# Bestimmte Zelle mit JAva aus einer Excel (.csv)Datei auslesen



## Splexotic (8. November 2017)

Ich habe ein Problem, ich muss von der schule aus ein Noten Durchschnitts Blatt machen. 
Das habe ich soweit geschafft ich habe Name/Datum/Note und alles in einer .csv Datei speichern können.
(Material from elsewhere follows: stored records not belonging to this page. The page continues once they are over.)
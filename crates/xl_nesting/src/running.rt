//! A run of the form: the report of a script over a trace.

ghost use Rattle.std.specs.Prelude.{◌≡◌, Some, Err, IfErr, IfSome};
ghost use Rattle.xl_outside.specs.Sinks.{Proceeds, IsFlushed};
ghost use Rattle.xl_course.specs.Stops.{status_by, FolderLeft, is_all_put, StopsRun};
ghost use Rattle.xl_course.specs.Accounts.{Ends};
ghost use Rattle.xl_serving.specs.Inputs.{trail_in};
ghost use Rattle.xl_paired.specs.Pairs.{account_from, state_from};
ghost use Rattle.xl_words.specs.Words.{pair_of};
ghost use Rattle.xl_nesting.specs.Nesting.{nested_form};
ghost use Rattle.xl_nesting.specs.Accounts.{nested_account, nested_left};

use crate::form::Nesting;
use crate::orders::NestOrders;
use crate::reading::NestParser;
use std::alloc::Global;
use xl_course::Stop;
use xl_nested::Nested;
use xl_outside::{Folder, Sink};
use xl_paired::read_script;
use xl_serving::TraceFile;
use xl_words::Pair;

/// Reads the script, opens a guest over a host of its sizes, serves them the script over the trace,
/// and writes the report: a line for each access where answers are asked for, and the line of the
/// counts. All memory is taken before the first event. At Ok the guest over its host is there, as
/// the run leaves it.
#[inline(never)]
pub fn report<F: Folder, K: Sink>(
    alloc: Global,
    words: &Pair<'_>,
    folder: &mut F,
    out: &mut K,
    nested: &mut Option<Nested>,
) -> Result<(), Stop>
    requires { IsFlushed K.sink out.old }
    ensures known { IfSome (F.folder.files folder.old) (λ fs.
        Ends result (nested_account (pair_of words.now) fs)
        K.sink.roomy (K.sink.outside out.old).written (K.sink.outside out.new).written
        out.old out.new
        (nested.new ≡ nested_left (pair_of words.now) fs)) }
    ensures leaves { FolderLeft F.folder folder.old folder.new
        (status_by result) }
    ensures proceeds { Proceeds (is_all_put result) (K.sink.outside out.old)
        (K.sink.outside out.new) }
    ensures caused { IfErr result StopsRun }
    ensures early { result ≡ Err Stop.NoMemory → nested.new ≡ nested.old }
{
    let script = read_script::<NestParser, F>(alloc, folder, words.script)?;
    let orders = NestOrders {
        script: &script,
        answers: words.answers,
    };
    report_orders(alloc, &orders, words.trace, folder, out, nested)
}

/// Opens a guest over a host of a script's sizes, serves them the script over the trace of this
/// name, and writes the report.
fn report_orders<F: Folder, K: Sink>(
    alloc: Global,
    orders: &NestOrders<'_>,
    trace: &str,
    folder: &mut F,
    out: &mut K,
    nested: &mut Option<Nested>,
) -> Result<(), Stop>
    requires { IsFlushed K.sink out.old }
    ensures known { IfSome (F.folder.files folder.old) (λ fs.
        Ends result (account_from nested_form orders.now.answers (trail_in (Some trace.now) fs)
        orders.now.script.now)
        K.sink.roomy (K.sink.outside out.old).written (K.sink.outside out.new).written
        out.old out.new
        (nested.new ≡ Some (state_from nested_form (trail_in (Some trace.now) fs)
        orders.now.script.now))) }
    ensures leaves { FolderLeft F.folder folder.old folder.new
        (status_by result) }
    ensures proceeds { Proceeds (is_all_put result) (K.sink.outside out.old)
        (K.sink.outside out.new) }
    ensures caused { IfErr result StopsRun }
    ensures early { result ≡ Err Stop.NoMemory → nested.new ≡ nested.old }
{
    orders.fit();
    let mut machine = Nested::open(alloc, orders.script.nest())?;
    let mut source = TraceFile::open(alloc, trace)?;
    let mut form = Nesting::new();
    let end = xl_course::report(&mut form, &mut machine, orders, &mut source, folder, out);
    *nested = Some(machine);
    end
}
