//! Harts, and their accessors.

ghost use Rattle.std.specs.Prelude.{◌≡◌, ◌<◌, ◌≤◌, ◌*◌, ◌^◌, [], replicate, length, IfOk};
ghost use Rattle.xl_hart_laws.specs.Kept.{IsHartSpec};
ghost use Rattle.xl_hart_model.specs.Tally.{frames_in};
ghost use Rattle.xl_hart_model.specs.Harts.{all_counts, hart_at, opening_hart, opening_harts, waiting_in};
ghost use Rattle.xl_hart_model.specs.Requests.{held_leaves, with_held};

use crate::hart::Hart;
use circular_buffer::HeapCircularBuffer;
use std::alloc::Global;
use std::marker::Model;
use xl_frames::Frames;
use xl_hart_model::{AllCounts, HartCounts, HartSpec, Request};
use xl_model::NoMemory;
use xl_radix_walk::RadixRow;

/// Harts over one table. The requests that some hart has still to take are in one ring, newest
/// first, for a request enters every queue at once. Contracts see the state of the definitions.
#[derive(Drop)]
pub struct Harts {
    pub(crate) spec: HartSpec,
    pub(crate) table: RadixRow<3>,
    /// The frames that are neither mapped nor held back are free.
    pub(crate) frames: Frames,
    pub(crate) requests: HeapCircularBuffer<Request>,
    pub(crate) harts: Vec<Hart>,
    pub(crate) current: u16,
    pub(crate) accepted: u64,
    pub(crate) refused: [u64; 12],
}

impl Model for Harts {
    ghost use Rattle.xl_hart_model.specs.Harts.{HartsState};
    ghost use Rattle.xl_radix_walk.specs.Row.{row_table};
    ghost use Rattle.xl_harts.specs.Views.{IsHarts, state_of};

    ghost Value = { HartsState };

    ghost view = { λ m. state_of m.spec (row_table 3 m.table) m.requests.items m.harts.items
        m.current m.accepted m.refused };

    ghost invariant = { λ m. IsHarts (state_of m.spec (row_table 3 m.table) m.requests.items
        m.harts.items m.current m.accepted m.refused) m.requests.capacity m.frames };
}

/// As many harts as the spec says, at their opening.
fn open_harts(alloc: Global, spec: &HartSpec) -> Result<Vec<Hart>, NoMemory>
    requires { 1 ≤ spec.now.sets }
    ensures { IfOk result (λ harts. harts.items ≡
        replicate spec.now.harts (opening_hart spec.now)) }
{
    let mut harts = Vec::with_capacity(alloc, spec.harts as usize)?;
    'opened: for _ in 0..spec.harts {
        if harts.push(Hart::open(alloc, spec)?).is_err() {
            return Err(NoMemory);
        }
    }
    Ok(harts)
}

/// How many requests are in all queues.
fn waiting(harts: &[Hart]) -> u64
    requires { waiting_in harts.now < 2 ^ 64 }
    ensures { result ≡ waiting_in harts.now }
{
    let Some((hart, rest)) = harts.split_first() else {
        return 0;
    };
    hart.waiting() as u64 + waiting(rest)
}

impl Harts {
    /// Harts at the opening: nothing is mapped, and hart 0 is the current one.
    ///
    /// # Errors
    ///
    /// `NoMemory` where there is no memory.
    pub fn open(alloc: Global, spec: HartSpec) -> Result<Harts, NoMemory>
        requires { IsHartSpec spec }
        ensures { IfOk result (λ harts. harts ≡ opening_harts spec) }
    {
        let table = RadixRow::open(alloc, spec.nodes, spec.spaces, [0; 4])?;
        let frames = Frames::open(alloc, spec.frames)?;
        let requests = HeapCircularBuffer::with_capacity(alloc, spec.queue as usize)?;
        let harts = open_harts(alloc, &spec)?;
        Ok(Harts {
            spec,
            table,
            frames,
            requests,
            harts,
            current: 0,
            accepted: 0,
            refused: [0; 12],
        })
    }

    /// How many harts there are.
    pub fn len(&self) -> u16
        ensures { result ≡ length self.now.harts }
    {
        self.spec.harts
    }

    /// The current hart.
    pub fn current(&self) -> u16
        ensures value { result ≡ self.now.current }
        ensures within { result < length self.now.harts }
    {
        self.current
    }

    /// The current space of a hart.
    pub fn space(&self, hart: u16) -> u16
        requires { hart < length self.now.harts }
        ensures { result ≡ (hart_at hart self.now).space }
    {
        self.harts[hart as usize].space()
    }

    /// The counts of a hart so far.
    pub fn counts(&self, hart: u16) -> HartCounts
        requires { hart < length self.now.harts }
        ensures { result ≡ (hart_at hart self.now).counts }
    {
        self.harts[hart as usize].counts()
    }

    /// The counts of all harts together.
    pub fn all(&self) -> AllCounts
        ensures { result ≡ all_counts self.now }
    {
        AllCounts {
            accepted: self.accepted,
            refused: self.refused,
            waiting: waiting(&self.harts),
            held: held_frames(&self.requests),
        }
    }
}

/// How many frames requests hold back.
fn held_frames(requests: &HeapCircularBuffer<Request>) -> u64
    requires { length requests.now.items ≤ 64 }
    ensures { result ≡ frames_in (held_leaves requests.now.items) }
{
    let (front, back) = requests.as_slices();
    held_in(front) + held_in(back)
}

/// How many frames some requests hold back.
fn held_in(requests: &[Request]) -> u64
    requires { length requests.now ≤ 64 }
    ensures held { result ≡ frames_in (held_leaves requests.now) }
    ensures few { result ≤ 2 ^ 18 * length requests.now }
{
    let Some((request, rest)) = requests.split_first() else {
        return 0;
    };
    frames_held(request) + held_in(rest)
}

/// How many frames a request holds back: those of an unmap's leaf.
fn frames_held(request: &Request) -> u64
    ensures held { result ≡ frames_in (with_held request.now.before request.now.after []) }
    ensures few { result ≤ 2 ^ 18 }
{
    match request.before {
        Some(leaf) if request.after.is_none() => leaf.order.pages(),
        _ => 0,
    }
}
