//! Several harts over one Sv39 radix table. Each has a TLB array of its own, and takes the requests
//! of remote fences (TLB shootdowns) in its own time.
#![tactic(auto)]

mod access;
mod change;
mod hart;
mod harts;
mod queue;
mod refusal;
mod reply;
mod step;
mod take;

pub use harts::Harts;
pub use xl_hart_model::{AllCounts, HartCounts, HartEvent, HartOutcome, HartRefusal, HartSpec};
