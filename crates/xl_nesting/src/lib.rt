//! The form of the program for two-stage translation: its script and its trace are served to a
//! guest over a host.
#![tactic(auto)]

mod events;
mod form;
mod orders;
mod reading;
mod running;

pub use form::Nesting;
pub use orders::NestOrders;
pub use running::report;
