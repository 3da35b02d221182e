//! The program: gathers the words, runs the tool over the standard streams and the store's folder,
//! and ends with the outcome's note and status.
#![tactic(auto)]

use backup_top::{BadKind, BadWords, Outcome, note_of, run, status_of};
use edge_traits::{FolderShelf, StdSink, StdSource};
use std::fs::File;
use std::process::ExitCode;
use std::{env, io};

fn main(rt: HostRuntime) -> ExitCode {
    let _streams = hold_streams(&rt);
    let outcome = match call_of(rt) {
        Ok((mut shelf, words)) => run(
            &rt,
            rt.alloc(),
            words.as_slice(),
            &mut StdSource::new(rt),
            &mut StdSink::new(rt),
            &mut shelf,
        ),
        Err(outcome) => outcome,
    };
    report(&rt, &outcome);
    ExitCode::from(status_of(&outcome))
}

// The shelf over the folder that the first word names, or an empty path if there is no word, and
// the words after it.
fn call_of(rt: HostRuntime) -> Result<(FolderShelf<HostRuntime>, Vec<String>), Outcome> {
    let mut args = env::args(&rt).map_err(outcome_of_args)?;
    args.next();
    let folder = args.next().unwrap_or(String::new(rt.alloc()));
    let shelf = FolderShelf::new(rt, rt.alloc(), folder.as_str()).map_err(
        |_| Outcome::OutOfMemory,
    )?;
    let words = args.collect(rt.alloc()).map_err(|_| Outcome::OutOfMemory)?;
    Ok((shelf, words))
}

// Words that are no text name no command; the runtime does not say at which place one is.
fn outcome_of_args(error: io::Error) -> Outcome {
    if error.kind() == io::ErrorKind::OutOfMemory {
        return Outcome::OutOfMemory;
    }
    Outcome::BadWords(BadWords {
        kind: BadKind::Command,
        place: 0,
    })
}

// Opens a folder three times and keeps it open. The system gives the next file that is opened the
// lowest free number. If a standard stream is closed, that would be the stream's, and what is
// written to the stream would end up in a file of the store. A folder can be neither read nor
// written, so a closed stream fails.
fn hold_streams(rt: &HostRuntime) -> [io::Result<File>; 3] {
    [
        File::open(rt, "/"),
        File::open(rt, "/"),
        File::open(rt, "/"),
    ]
}

fn report(rt: &(impl Eprint + AllocGlobal), outcome: &Outcome) {
    let _ = match note_of(rt.alloc(), outcome) {
        Ok(note) => eprint!(rt; "{note}"),
        Err(_) => eprint!(rt; "backup: out of memory\n"),
    };
}
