// Kinds of codecs.

/// What a codec is (W3C WebCodecs: AudioDecoder, AudioEncoder, VideoDecoder, VideoEncoder).
#[derive(Clone, Copy, Debug, PartialEq, Eq)]
pub enum Kind {
    AudioDecoder,
    AudioEncoder,
    VideoDecoder,
    VideoEncoder,
}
--Also ihr müsst euch das so vorstellen ich beginne das Programm und kann dann die Note/Datum/Namen und alles einlesen und dann wird das in die .csv Datei eingeschrieben.--

Jetzt ist mein Problem das ich den Code nicht kenne für eine Bestimmte Spalte (ich muss alle Zahlen der Spalte B zusammen rechnen) in Excel auszulesen und in ein weiteres Programm oder Irgendwo hin zu laden/auslesen. ich habe bereits das ganze Forum durchsucht habe aber nichts gefunden was mir helfen könnte.

PS: ich bin erst im 1 Lehrjahr und habe noch fast keine Erfahrung mit dem ganzen Programmieren und so also entschuldigt das ich so was "einfach" fragen muss.

PPS: ich möchte nur wissen wie ich etwas auslesen kann alles andere möchte ich alleine herausfinden und testen das ich das möglichst schnell alleine kann aber mit diesem Problem bin ich am ende und finde nichts was mir hilft.=)

Danke schon im Voraus


----------